**What to produce**
Answer with the number of lines in the listing below that contain the word "Gives", and nothing else.

· · · · · · ·

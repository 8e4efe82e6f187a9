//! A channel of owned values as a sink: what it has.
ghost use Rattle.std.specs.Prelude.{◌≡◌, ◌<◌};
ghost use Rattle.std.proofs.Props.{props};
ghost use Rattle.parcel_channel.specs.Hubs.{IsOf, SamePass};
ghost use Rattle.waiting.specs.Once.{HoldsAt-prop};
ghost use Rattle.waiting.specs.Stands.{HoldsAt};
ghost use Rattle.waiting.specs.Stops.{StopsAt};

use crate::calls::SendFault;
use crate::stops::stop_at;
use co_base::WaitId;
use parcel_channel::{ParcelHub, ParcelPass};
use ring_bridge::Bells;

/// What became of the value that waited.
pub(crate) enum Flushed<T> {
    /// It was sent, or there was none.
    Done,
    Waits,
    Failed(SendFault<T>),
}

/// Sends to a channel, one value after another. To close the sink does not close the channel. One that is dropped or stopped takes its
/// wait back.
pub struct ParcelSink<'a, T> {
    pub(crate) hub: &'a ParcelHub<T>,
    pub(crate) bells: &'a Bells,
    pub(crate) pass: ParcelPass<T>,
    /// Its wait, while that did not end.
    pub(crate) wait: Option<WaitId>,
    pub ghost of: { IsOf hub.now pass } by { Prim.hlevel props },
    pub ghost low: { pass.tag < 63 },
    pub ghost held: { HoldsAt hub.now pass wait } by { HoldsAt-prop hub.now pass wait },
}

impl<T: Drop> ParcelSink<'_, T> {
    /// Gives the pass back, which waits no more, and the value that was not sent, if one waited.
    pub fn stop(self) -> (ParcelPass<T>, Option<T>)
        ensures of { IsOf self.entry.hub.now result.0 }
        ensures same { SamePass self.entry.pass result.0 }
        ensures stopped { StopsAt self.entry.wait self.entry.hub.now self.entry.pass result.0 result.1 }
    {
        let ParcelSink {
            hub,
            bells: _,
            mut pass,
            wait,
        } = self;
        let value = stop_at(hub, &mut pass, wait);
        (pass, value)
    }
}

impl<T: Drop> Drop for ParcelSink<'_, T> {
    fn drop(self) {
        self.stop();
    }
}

· · · · · · ·

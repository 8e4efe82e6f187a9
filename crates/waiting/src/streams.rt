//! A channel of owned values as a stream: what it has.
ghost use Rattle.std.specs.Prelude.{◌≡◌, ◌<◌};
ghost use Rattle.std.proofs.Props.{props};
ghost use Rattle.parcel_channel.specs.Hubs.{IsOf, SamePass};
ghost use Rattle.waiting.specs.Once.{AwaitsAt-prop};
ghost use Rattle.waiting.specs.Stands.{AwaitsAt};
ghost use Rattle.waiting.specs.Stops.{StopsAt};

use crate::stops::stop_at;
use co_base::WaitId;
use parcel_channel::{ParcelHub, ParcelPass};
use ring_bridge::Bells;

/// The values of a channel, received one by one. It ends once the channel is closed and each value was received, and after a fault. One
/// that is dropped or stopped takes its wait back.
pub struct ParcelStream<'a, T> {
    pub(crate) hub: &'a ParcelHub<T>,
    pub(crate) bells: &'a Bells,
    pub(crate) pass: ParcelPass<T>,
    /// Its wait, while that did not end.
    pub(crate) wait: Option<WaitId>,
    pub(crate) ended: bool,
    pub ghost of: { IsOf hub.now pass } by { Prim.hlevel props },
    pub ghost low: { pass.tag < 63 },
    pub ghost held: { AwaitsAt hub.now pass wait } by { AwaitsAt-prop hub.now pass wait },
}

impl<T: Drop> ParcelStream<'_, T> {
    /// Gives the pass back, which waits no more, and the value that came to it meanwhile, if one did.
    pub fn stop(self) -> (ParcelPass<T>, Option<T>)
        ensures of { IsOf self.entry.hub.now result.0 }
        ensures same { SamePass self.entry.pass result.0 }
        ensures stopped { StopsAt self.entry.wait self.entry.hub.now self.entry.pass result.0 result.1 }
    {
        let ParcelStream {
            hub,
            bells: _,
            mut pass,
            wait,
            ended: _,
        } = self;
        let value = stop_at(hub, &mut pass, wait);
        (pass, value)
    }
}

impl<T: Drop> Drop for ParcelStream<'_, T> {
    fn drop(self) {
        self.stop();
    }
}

· · · · · · ·

**Reply**
2